I don't know whether this strategy will succeed. I can say that it's similar in passion and approach to efforts we've seen work elsewhere.
* * *
2) The Beautiful, Doomed Artistry of Downtown.
As described before, many of Fresno's hopes rest on renovation of its still-structurally-elegant but now economically bombed-out historic downtown.
There is a bittersweet aspect to today's effort, because it involves—literally—bulldozing away a previous generation's attempts to save this same downtown. The December, 2014 issue of the (incredibly beautifully produced) Landscape Architecture Magazine has a long article called "Fresno v. Eckbo," the opening spread of which you see below:
You can read the whole article through a Zinio app here. It lays out the pathos of the step the city is about to take. In the early 1960s, Fresno commissioned the famed modernist architect Garrett Eckbo to design a modern, art-adorned, car-free pedestrian strolling-mall through the heart of the city's downtown.
For a while it was celebrated as a work of both artistic and commercial genius. But then, as the LAM article by Mimi Zeiger explains, the business and street life of Fresno relocated to the sprawl-malls of the northern suburbs.

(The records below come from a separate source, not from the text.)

//! `DnsExchangeSend`, what comes for one request of an exchange.
ghost use Rattle.std.specs.Prelude.{◌≡◌};
ghost use Rattle.dns_shared_exchange.specs.Tokens.{IsKnown, IsTurn};
ghost use Rattle.dns_polled_exchange.specs.Polls.{IsPolled, poll_by};

use dns_handle::{DnsResponse, NetError};
use dns_multiplexer::{Draws, RequestId, Taken};
use dns_shared_exchange::{CallerToken, DnsExchange, ExchangeError};
use futures::task::Poll;
use std::alloc::Global;
use std::sync::Wait;

/// What comes for one request of an exchange: each poll is one `take`.
#[derive(Clone, Copy, Debug, PartialEq, Eq, Drop)]
pub struct DnsExchangeSend {
    id: RequestId,
}

// The poll that a take stands for.
fn polled(taken: Result<Taken, ExchangeError>) -> Poll<Option<Result<DnsResponse, NetError>>>
    ensures { result ≡ poll_by taken }
{
    match taken {
        Ok(Taken::Item(reply)) => Poll::Ready(Some(reply)),
        Ok(Taken::Pending) => Poll::Pending,
        Ok(Taken::Ended) => Poll::Ready(None),
        Err(error) => Poll::Ready(Some(Err(NetError::from(error)))),
    }
}

impl DnsExchangeSend {
    ghost use Rattle.dns_polled_exchange.specs.Polls.{number_of};

    /// What comes for the request with this number.
    pub fn new(id: RequestId) -> DnsExchangeSend
        ensures { number_of result ≡ id.0 }
    {
        DnsExchangeSend { id }
    }

    /// Asks once. Pending where nothing waits yet, and None where nothing is to come. Where the history is full the item is
    /// `Message(HistoryFull)`, and `NoMemory` where memory ran out. It asks nobody to poll it again.
    pub fn poll_take<R: Draws + Drop, W: Wait>(
        &mut self,
        rt: &W,
        alloc: Global,
        exchange: &DnsExchange<R>,
        token: &mut CallerToken,
    ) -> Poll<Option<Result<DnsResponse, NetError>>>
        requires { token.old.line ≡ exchange.now }
        ensures polled { IsTurn (IsPolled (number_of self.old) result) token.old.known token.new.known }
        ensures same { self.new ≡ self.old }
        ensures known { IsKnown token.new.known }
        ensures line { token.new.line ≡ token.old.line }
    {
        polled(exchange.take(rt, alloc, token, self.id))
    }
}
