//! Names as strings of bytes that sort in canonical order (RFC 4034, 6.1): a search compares bytes, and no labels.
ghost use Rattle.std.specs.Prelude.{◌≡◌, ◌+◌, ◌<◌, ◌≤◌, ◌++◌, length};
ghost use Rattle.arrayvec.specs.ArrayVec.{array_vec_len};
ghost use Rattle.dns_denial_index.specs.NameKeys.{symbol as symbol_of, label_key, name_key as name_key_of};

use arrayvec::ArrayVec;
use dns_record::NameRef;

/// The key of a name: its labels from the root on.
#[tactic(auto, using(crate::proofs::NameKeys::key_fits))]
pub(crate) fn name_key(name: &NameRef<'_>) -> ArrayVec<u8, 255>
    ensures value { result.items ≡ name_key_of name.now }
    ensures room { array_vec_len result < 255 }
{
    // `copy` tells that its labels are a name
    let name = name.copy();
    let mut key = ArrayVec::new();
    push_labels(&name, &mut key);
    key
}

// Appends the labels of a name, that of the root's side first.
#[tactic(auto, using(crate::proofs::NameKeys::key_of, crate::proofs::NameKeys::key_length_of, crate::proofs::NameKeys::key_of_root))]
fn push_labels(name: &NameRef<'_>, key: &mut ArrayVec<u8, 255>)
    requires { array_vec_len key.old + length (name_key_of name.now) ≤ 255 }
    ensures items { key.new.items ≡ key.old.items ++ name_key_of name.now }
    ensures len { array_vec_len key.new ≡ array_vec_len key.old + length (name_key_of name.now) }
{
    if let Some((label, above)) = name.split_first() {
        push_labels(&above, key);
        push_label(label, key);
    }
}

// Appends a label and its end.
fn push_label(label: &[u8], key: &mut ArrayVec<u8, 255>)
    requires { array_vec_len key.old + length (label_key label.now) ≤ 255 }
    ensures items { key.new.items ≡ key.old.items ++ label_key label.now }
    ensures len { array_vec_len key.new ≡ array_vec_len key.old + length (label_key label.now) }
{
    for byte in label {
        key.push(symbol(*byte));
    }
    key.push(0);
}

// A byte of a label as a byte of a key. No folded byte is A to Z, so there is room for 0 before all and for 255 after all.
fn symbol(byte: u8) -> u8
    ensures { result ≡ symbol_of byte }
{
    let folded = byte.to_ascii_lowercase();
    if folded < b'A' {
        folded + 1
    } else {
        folded - 1
    }
}
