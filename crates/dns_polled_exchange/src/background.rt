//! `DnsExchangeBackground`, which hands what comes over a connection to an exchange.
ghost use Rattle.std.specs.Prelude.{◌≡◌, false};
ghost use Rattle.futures.specs.Task.{Covers, Keeps};
ghost use Rattle.futures.specs.Poll.{OnPending};
ghost use Rattle.dns_shared_exchange.specs.Tokens.{IsKnown};
ghost use Rattle.dns_polled_exchange.specs.Backgrounds.{stream_of, has_ended, IsHanded, IsClosedBy, PollsOn, CameOf, GoesStill, WaitsStill};

use dns_handle::{IoKind, NetError};
use dns_multiplexer::{Draws, SerialMessage};
use dns_shared_exchange::{CallerToken, DnsExchange};
use futures::Stream;
use futures::task::{Context, Poll};
use std::alloc::Global;
use std::fmt;
use std::sync::Wait;

/// So many messages are handed over in one poll.
const MOST_MESSAGES: u32 = 100;

/// Hands the messages that a stream gives over to an exchange, up to the fault or the end of the stream, which closes the exchange
/// (RFC 7766, 6.2.1). A message that the exchange refuses, since its history is full or memory ran out, is dropped.
#[derive(Drop)]
pub struct DnsExchangeBackground<S: Drop> {
    stream: S,
    is_ended: bool,
}

impl<S: Drop> fmt::Debug for DnsExchangeBackground<S> {
    fn fmt<W: fmt::Write>(&self, f: &mut fmt::Formatter<W>) -> fmt::Result {
        f.write_str("DnsExchangeBackground")
    }
}

/// What became of a stream that was polled.
#[derive(Clone, Copy, Drop)]
pub(crate) enum Came {
    /// Nothing is there now.
    Waits,
    /// As many messages as may be.
    Many,
    /// It has ended, and the exchange is closed by this fault.
    Ends(IoKind),
}

// Hands a message over, which is answered or dropped.
fn hand_over<R: Draws + Drop, W: Wait>(
    rt: &W,
    alloc: Global,
    exchange: &DnsExchange<R>,
    token: &mut CallerToken,
    message: &SerialMessage,
)
    requires { token.old.line ≡ exchange.now }
    ensures handed { IsHanded message.now.bytes token.old.known token.new.known }
    ensures known { IsKnown token.new.known }
    ensures line { token.new.line ≡ token.old.line }
{
    let _ = exchange.arrive(rt, alloc, token, message.bytes.as_slice());
}

// Closes an exchange by a fault.
fn close<R: Draws + Drop, W: Wait>(
    rt: &W,
    alloc: Global,
    exchange: &DnsExchange<R>,
    token: &mut CallerToken,
    fault: IoKind,
) -> Result<(), NetError>
    requires { token.old.line ≡ exchange.now }
    ensures closed { IsClosedBy fault result token.old.known token.new.known }
    ensures known { IsKnown token.new.known }
    ensures line { token.new.line ≡ token.old.line }
{
    Ok(exchange.close(rt, alloc, token, fault)?)
}

impl<S: Stream<Item = Result<SerialMessage, IoKind>>> DnsExchangeBackground<S> {
    /// A background of the messages of a stream, and of its fault.
    pub fn new(stream: S) -> DnsExchangeBackground<S>
        ensures stream { stream_of result ≡ stream }
        ensures going { has_ended result ≡ false }
    {
        DnsExchangeBackground {
            stream,
            is_ended: false,
        }
    }

    // Hands over what the stream gives now, so many messages at most.
    fn run<R: Draws + Drop, W: Wait>(
        &mut self,
        rt: &W,
        alloc: Global,
        exchange: &DnsExchange<R>,
        token: &mut CallerToken,
        cx: &mut Context<'_>,
        left: u32,
    ) -> Came
        requires line { token.old.line ≡ exchange.now }
        requires can { S.can_poll (stream_of self.old) }
        ensures came { CameOf (S.yields (stream_of self.old)) (S.yields (stream_of self.new)) left
            token.old.known token.new.known result }
        ensures again { GoesStill result (S.can_poll (stream_of self.new)) }
        ensures registered { WaitsStill result (Covers cx.new (S.needs (stream_of self.new))) }
        ensures kept { Keeps cx.old cx.new }
        ensures ended { has_ended self.new ≡ has_ended self.old }
        ensures known { IsKnown token.old.known → IsKnown token.new.known }
        ensures line { token.new.line ≡ token.old.line }
    {
        if left == 0 {
            return Came::Many;
        }
        match self.stream.poll_next(cx) {
            Poll::Pending => Came::Waits,
            Poll::Ready(None) => Came::Ends(IoKind::UnexpectedEof),
            Poll::Ready(Some(Err(kind))) => Came::Ends(kind),
            Poll::Ready(Some(Ok(message))) => {
                hand_over(rt, alloc, exchange, token, &message);
                self.run(rt, alloc, exchange, token, cx, left - 1)
            }
        }
    }

    /// Hands over what the stream gives now, 100 messages at most; where there were so many it asks to be polled again. A fault
    /// closes the exchange by its kind, and the end of the stream by `UnexpectedEof`. Then the poll is ready, with the error of a
    /// `close` that was refused, and each later poll is ready with Ok.
    pub fn poll<R: Draws + Drop, W: Wait>(
        &mut self,
        rt: &W,
        alloc: Global,
        exchange: &DnsExchange<R>,
        token: &mut CallerToken,
        cx: &mut Context<'_>,
    ) -> Poll<Result<(), NetError>>
        requires line { token.old.line ≡ exchange.now }
        requires can { has_ended self.old ≡ false → S.can_poll (stream_of self.old) }
        ensures polled { PollsOn (S.yields (stream_of self.old)) (S.yields (stream_of self.new)) (has_ended self.old)
            (has_ended self.new) token.old.known token.new.known result }
        ensures again { has_ended self.new ≡ false → S.can_poll (stream_of self.new) }
        ensures registered { OnPending result (Covers cx.new (S.needs (stream_of self.new))) }
        ensures kept { Keeps cx.old cx.new }
        ensures known { IsKnown token.old.known → IsKnown token.new.known }
        ensures line { token.new.line ≡ token.old.line }
    {
        if self.is_ended {
            return Poll::Ready(Ok(()));
        }
        match self.run(rt, alloc, exchange, token, cx, MOST_MESSAGES) {
            Came::Waits => Poll::Pending,
            Came::Many => cx.yield_now(),
            Came::Ends(fault) => {
                self.is_ended = true;
                Poll::Ready(close(rt, alloc, exchange, token, fault))
            }
        }
    }
}
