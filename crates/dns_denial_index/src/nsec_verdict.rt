//! What an index of NSEC records proves of a query (RFC 4035, 5.3.4 and 5.4).
ghost use Rattle.std.specs.Prelude.{◌≡◌, ℕ, ◌+◌, ◌-◌, ◌*◌, ◌≤◌, ◌^◌, length};
ghost use Rattle.dns_model.specs.declared.answered.Answered.TheVariants.{No, Expanded};
ghost use Rattle.dns_model.specs.declared.proof.Proof.TheVariants.{Secure};
ghost use Rattle.dns_rules.specs.DenialInZones.{IsDeniedIn, IsExpandedIn};
ghost use Rattle.dns_rules.specs.NsecVerdict.{nsec_verdict as nsec_verdict_in};

use crate::NsecIndex;
use dns_denial::{NsecFind, NsecRecords, nsec_verdict};
use dns_evidence::Steps;
use dns_model::{Answered, Proof};
use dns_rdata::NsecRecord;
use dns_record::{Name, NameRef, Query, RecordType, ResponseCode};
use std::marker::PhantomData;
use std::sync::ledger::Ledger;

// An index of which a verdict is made, with the ledger in which its steps are counted.
#[derive(Drop)]
struct Asked<'a, L: Ledger> {
    index: &'a NsecIndex,
    ledger: PhantomData<L>,
}

impl<'a, L: Ledger> NsecRecords for Asked<'a, L> {
    ghost use Rattle.std.specs.Prelude.{length};
    ghost use Rattle.dns_denial_index.specs.Steps.{most_steps as most_steps_of};

    type Notes = Steps<L>;

    ghost records = { λ a. a.index.now };

    ghost steps = { λ s. s };

    ghost most_steps = { λ a. most_steps_of (length a.index.now) };

    fn of_name(&self, name: &NameRef<'_>, steps: &mut Steps<L>) -> NsecFind<'_> {
        let found = self.index.found(name, steps);
        if let Some(nsec) = self.index.numbered(found.owned) {
            return NsecFind::Owned(nsec);
        }
        match self.index.numbered(found.covering) {
            Some(nsec) => NsecFind::Covered(nsec),
            None => NsecFind::Nothing,
        }
    }

    fn covering(&self, name: &NameRef<'_>, steps: &mut Steps<L>) -> Option<&NsecRecord> {
        let found = self.index.found(name, steps);
        self.index.numbered(found.covering)
    }

    fn wildcard_denies(
        &self,
        wildcard: &NameRef<'_>,
        record_type: RecordType,
        steps: &mut Steps<L>,
    ) -> bool {
        self.index.wildcard_denies(wildcard, record_type, steps)
    }
}

impl NsecIndex {
    /// What the records prove of a response to a query, as `verify_nsec` says it of their list. It takes no memory. There are at
    /// most two searches, each within the steps of `covering`.
    pub fn verify<L: Ledger>(
        &self,
        query: &Query,
        zone: &Name,
        code: ResponseCode,
        answered: Answered,
        steps: &mut Steps<L>,
    ) -> Proof
        ensures verdict { result ≡ nsec_verdict_in query.now zone.now code.0 answered self.now }
        ensures denial { result ≡ Secure → answered ≡ No → IsDeniedIn query.now zone.now code.0 self.now }
        ensures expansion { (labels : ℕ) → result ≡ Secure → answered ≡ Expanded labels
            → IsExpandedIn query.now zone.now labels self.now }
        ensures steps { 2 ^ (steps.new - steps.old) ≤ (4 * length self.now + 1) ^ 2 }
    {
        let asked = Asked::<L> {
            index: self,
            ledger: PhantomData,
        };
        nsec_verdict(query, zone, code, answered, &asked, steps)
    }
}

To save its downtown, Fresno is about to dig up the pedestrian mall that had been its pride and re-open it to cars. The article explains very clearly why that seems necessary, and why it is sad:
The new design is adaptive and will include removable bollards for street closures and events. It's not hard to imagine [a variety of local festivals and farmers' markets'] filling the street. It's a vision for a new urban landscape shared by many mayors across the country.... "If this is successful, the street will be closed on many days," [the lead architect of the new project] reflects. "That's the irony."
It's worth reading the article and following this project.
* * *
3) A Wonderfully Situated Brewpub.
I'll say it again: one of the marks of a city-on-the-rise is a "Riverwalk" or bike path, whether or not there is actually a river. Another is the presence of craft-brew companies and brewpubs. Where there are brewpubs, by definition there are entrepreneurs. If the brewpubs stay in business it means there is a class of mainly young customers willing to come to usually downtown locations and support other businesses too.
I'm biased in favor of brewpubs as a class, but I was especially fond of Tioga-Sequoia, one of the pioneers in opening a business in downtown Fresno, for these reasons:
• Its products suit my taste very well. (General Sherman IPA is its mainstay, named after a famous redwood in nearby Sequoia National Park.)
• It is local-local-local in its branding and marketing approach (Its slogan is "The Central Valley's Brewery"; its president Michael Cruz and brewmaster Kevin Cox told us that their ambition was not to go nationwide or even statewide but instead to be the beer of the Valley. "And we want to show that something good can come out of this town," Cruz said.)
• Its branding has a campy charm, being based on the Forest Service shield also familiar from Yosemite. (For a while, the Forest Service made a show of complaining. Now some Rangers put T-S stickers on their cars.)
• Its location is sublime, adjoining the town's downtown minor-league park.
* * *
That is enough for now. The country is big and interesting, and full of more positive experimentation, including in places like Fresno, than we had any reason to expect when we began this journey.